Last year capacity increased by 1665 MW, almost the same as in 2007, to take the national total to 23.9 GW. It could have been higher, however, if a number of wind project developers had not held off connecting their new plant to the grid until last month to take advantage of the higher price (Windpower Monthly, February 2009). From Plambeck Neue Energien, Rainer Heinsohn says the firm commissioned just 6 MW during the whole of last year, compared with 10 MW in January, with a further 110 MW to come online shortly.

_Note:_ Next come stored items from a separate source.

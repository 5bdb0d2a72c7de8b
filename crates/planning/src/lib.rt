// Causes 4 and 5 of a whole packet's data slots, and the plan of its parts.
#![tactic(auto)]

ghost use Rattle.std.specs.Prelude.{◌≡◌, ◌≤◌};
ghost use Rattle.packet.specs.Judge.{judge_slots};
ghost use Rattle.grammar.specs.Packet.{later_of};
ghost use Rattle.grammar.specs.Stages.{sizes_in};
ghost use Rattle.packet.specs.Stages.{SizesOf, packet_at, Ready, later_at, LaterJudged, Judged};

use answer::Fault;
use grammar::{Outline, Part};
use netif::DataSlot;
use ring::Page;

// Causes 4 and 5 of the later data slots, slot by slot. What decides an access of the window is read once and goes into the table.
fn judge_later(
    ring: &Page,
    first: u32,
    extras: u32,
    later: u32,
    parts: &mut [Part; 18],
    grants: &[u8],
    window: &[u8],
) -> Result<(), Fault>
    requires { (extras ≤ 256)
        × (later ≤ 17)
        × SizesOf (sizes_in parts.old) (later_at ring.now first extras later) }
    ensures { LaterJudged grants.now window.now ring.now first extras later parts.old parts.new result }
{
    for i in 0..later {
        let place = extras + 1 + i;
        let slot = ring::read::<DataSlot>(ring, ring::ahead(first, place));
        let at = i as usize + 1;
        let size = parts[at].size;
        let page = causes::judge_slot(grants, window, slot, size, place)?;
        parts[at] = Part {
            page,
            offset: slot.offset,
            size,
        };
    }
    Ok(())
}

// Causes 4 and 5 of all data slots, whose later sizes are in the table; where they are good, it gets the packet's parts. The first
// slot's part is what the later sizes leave of the total.
pub fn judge_slots(
    ring: &Page,
    first: u32,
    o: Outline,
    parts: &mut [Part; 18],
    grants: &[u8],
    window: &[u8],
) -> Result<(), Fault>
    requires { Ready ring.now first o
        × (o.later_bytes ≤ o.head.size)
        × SizesOf (sizes_in parts.old) (later_of o.extras (packet_at ring.now first o)) }
    ensures { Judged grants.now o.extras (packet_at ring.now first o)
        (judge_slots grants.now window.now o.extras (packet_at ring.now first o))
        parts.new result }
{
    let head = o.head;
    let own = (head.size as u32 - o.later_bytes) as u16;
    let page = causes::judge_slot(grants, window, head, own, 0)?;
    parts[0] = Part {
        page,
        offset: head.offset,
        size: own,
    };
    let later = o.slots - 1 - o.extras;
    judge_later(ring, first, o.extras, later, parts, grants, window)
}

Under Germany's long standing renewable energy law, all wind power is bought by electricity supply companies at a price fixed by government for a period of 20 years. To encourage efficiency, the price was reduced by 2% each year for new wind plant installed in that year. But with substantial increases in wind plant costs, brought on by higher raw material and transport costs as oil prices soared, the diminishing purchase price was pulling the rug from under the German wind market. In response, the government increased the base price for plant coming online this year to EUR 0.092/kWh, up from EUR 0.0803/kWh for new plant in 2008. In addition, a bonus of EUR 0.005/kWh is effective for wind plant equipped to provide grid support services. The same bonus applies to projects where new wind turbines are replacing outdated machines. The annual price reduction has also been scaled back to 1%, starting next year.

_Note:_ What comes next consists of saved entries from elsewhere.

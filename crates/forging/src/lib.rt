// Forging: one field of the counters, the buffer, the detectors or a store is overwritten.
#![tactic(auto)]

use crate::numbers::Numbers;
use buffer_rules::WindowBuffer;
use rvcsi_core::ids::Ids;
use slots::{Detector, Detectors};

pub mod numbers;

// ---- the fields, by the codes of a script

#[derive(Clone, Copy)]
pub enum Counter {
    Window,
    Event,
}

#[derive(Clone, Copy)]
pub enum Buffer {
    MaxFrames,
    MaxDuration,
    Threshold,
    SubcarrierCount,
    Pending,
    First,
    Last,
    Quality,
    Scale,
}

// Of a detector: word j of its settings, or what numbers its state.
#[derive(Clone, Copy)]
pub enum Part {
    Word(usize),
    Switch,
    Streak,
    Calibration,
}

// Of the set: how many slots are in use, a slot that becomes a copy of another, or a part of a slot's detector.
#[derive(Clone, Copy)]
pub enum Set {
    Count,
    Copy,
    Slot(Part),
}

#[derive(Clone, Copy)]
pub enum Store {
    Amplitudes,
    Phases,
    Baseline,
    Means,
    Variances,
}

#[derive(Clone, Copy)]
pub enum Field {
    Counter(Counter),
    Buffer(Buffer),
    RecentCount,
    Set(Set),
    Store(Store),
}

// A code that names no field.
#[derive(Clone, Copy, Debug, PartialEq, Eq)]
pub struct NoField(pub u8);

impl TryFrom<u8> for Field {
    type Error = NoField;

    fn try_from(code: u8) -> Result<Self, NoField> {
        Ok(match code {
            0 => Field::Counter(Counter::Window),
            1 => Field::Counter(Counter::Event),
            2 => Field::Buffer(Buffer::MaxFrames),
            3 => Field::Buffer(Buffer::MaxDuration),
            4 => Field::Buffer(Buffer::Threshold),
            5 => Field::Buffer(Buffer::SubcarrierCount),
            6 => Field::Buffer(Buffer::Pending),
            7 => Field::Buffer(Buffer::First),
            8 => Field::Buffer(Buffer::Last),
            9 => Field::Buffer(Buffer::Quality),
            10 => Field::Buffer(Buffer::Scale),
            11 => Field::RecentCount,
            12 => Field::Set(Set::Count),
            13 => Field::Set(Set::Copy),
            16..=19 => Field::Set(Set::Slot(Part::Word(usize::from(code - 16)))),
            20 => Field::Set(Set::Slot(Part::Switch)),
            21 => Field::Set(Set::Slot(Part::Streak)),
            22 => Field::Set(Set::Slot(Part::Calibration)),
            24 => Field::Store(Store::Amplitudes),
            25 => Field::Store(Store::Phases),
            26 => Field::Store(Store::Baseline),
            27 => Field::Store(Store::Means),
            28 => Field::Store(Store::Variances),
            _ => return Err(NoField(code)),
        })
    }
}

// ---- overwriting

// The low 32 bits. `vectors` has these two as well: one line each, which no crate of the library would call.
fn low(value: u64) -> u32 {
    (value % 0x1_0000_0000) as u32
}

fn low_float(value: u64) -> f32 {
    floats::from_bits(low(value))
}

pub fn forge_counters(mut ids: Ids, field: Counter, value: u64) -> Ids {
    match field {
        Counter::Window => ids.window = value,
        Counter::Event => ids.event = value,
    }
    ids
}

// The place of a list, if it is there.
fn put(list: &mut [f32], index: usize, value: u64) {
    if let Some(place) = list.get_mut(index) {
        *place = low_float(value);
    }
}

// Field, index and value as a script has them; each function here takes a field of its own type.
pub fn forge_buffer(mut b: WindowBuffer, field: Buffer, index: usize, value: u64) -> WindowBuffer {
    match field {
        Buffer::MaxFrames => b.cfg.max_frames = value as usize,
        Buffer::MaxDuration => b.cfg.max_duration_ns = value,
        Buffer::Threshold => b.cfg.presence_threshold = low_float(value),
        Buffer::SubcarrierCount => b.subcarrier_count = value as usize,
        Buffer::Pending => b.pending = value as usize,
        Buffer::First => b.first = value,
        Buffer::Last => b.last = value,
        Buffer::Quality => put(&mut b.qualities, index, value),
        Buffer::Scale => put(&mut b.scales, index, value),
    }
    b
}

// What a kind does not have stays.
fn forge_detector(d: Detector, part: Part, value: u64) -> Detector {
    let mut numbers = Numbers::from(d);
    match part {
        Part::Word(j) => {
            if let Some(word) = numbers.words.get_mut(j) {
                *word = low(value);
            }
        }
        Part::Switch => numbers.switch = value,
        Part::Streak => numbers.streak = low(value),
        Part::Calibration => numbers.calibration = value != 0,
    }
    numbers.detector(d)
}

// A slot that is not there changes nothing.
pub fn forge_detectors(mut set: Detectors, field: Set, index: usize, value: u64) -> Detectors {
    let slots = &mut set.slots;
    match field {
        Set::Count => set.count = value as usize,
        Set::Copy => {
            if let (Some(from), Some(to)) = (
                slots.get(value as usize).copied(),
                slots.get_mut(index),
            ) {
                *to = from;
            }
        }
        Set::Slot(part) => {
            if let Some(slot) = slots.get_mut(index) {
                slot.detector = forge_detector(slot.detector, part, value);
            }
        }
    }
    set
}

// The place value div 2^32 of a store.
pub fn forge_store(list: &mut [f32], value: u64) {
    put(list, (value / 0x1_0000_0000) as usize, value);
}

The effect of the regulatory changes has not only been a politically created early year rush in 2009, but also provided a strong incentive to get projects up this year, before the purchase price drops by 1% from 2010. BWE expects Germany's wind power total to hit around 26 GW by the end of 2009.
Of the turbines that went up last year, the 2 MW size class proved the most popular, with 65% of all those installed being 2 MW models. Between them, Germany's Enercon, a privately owned company, and Denmark's Vestas provided over 80% of the new capacity installed, according to the Deutsches Windenergie Institut (DEWI). Enercon had a 52% share of the market, while Vestas took 32%.
The most active of Germany's 16 federal states was Brandenburg, an inland state where 408 MW was installed, representing almost a quarter of the new capacity. Lower Saxony was close behind with 384 MW, while Saxony Anhalt followed with 227 MW. DEWI notes that the states of Saxony Anhalt, Mecklenburg-Vorpommern, Schleswig-Holstein and Brandenburg now have sufficient wind capacity to meet more than 30% of their net annual electricity needs.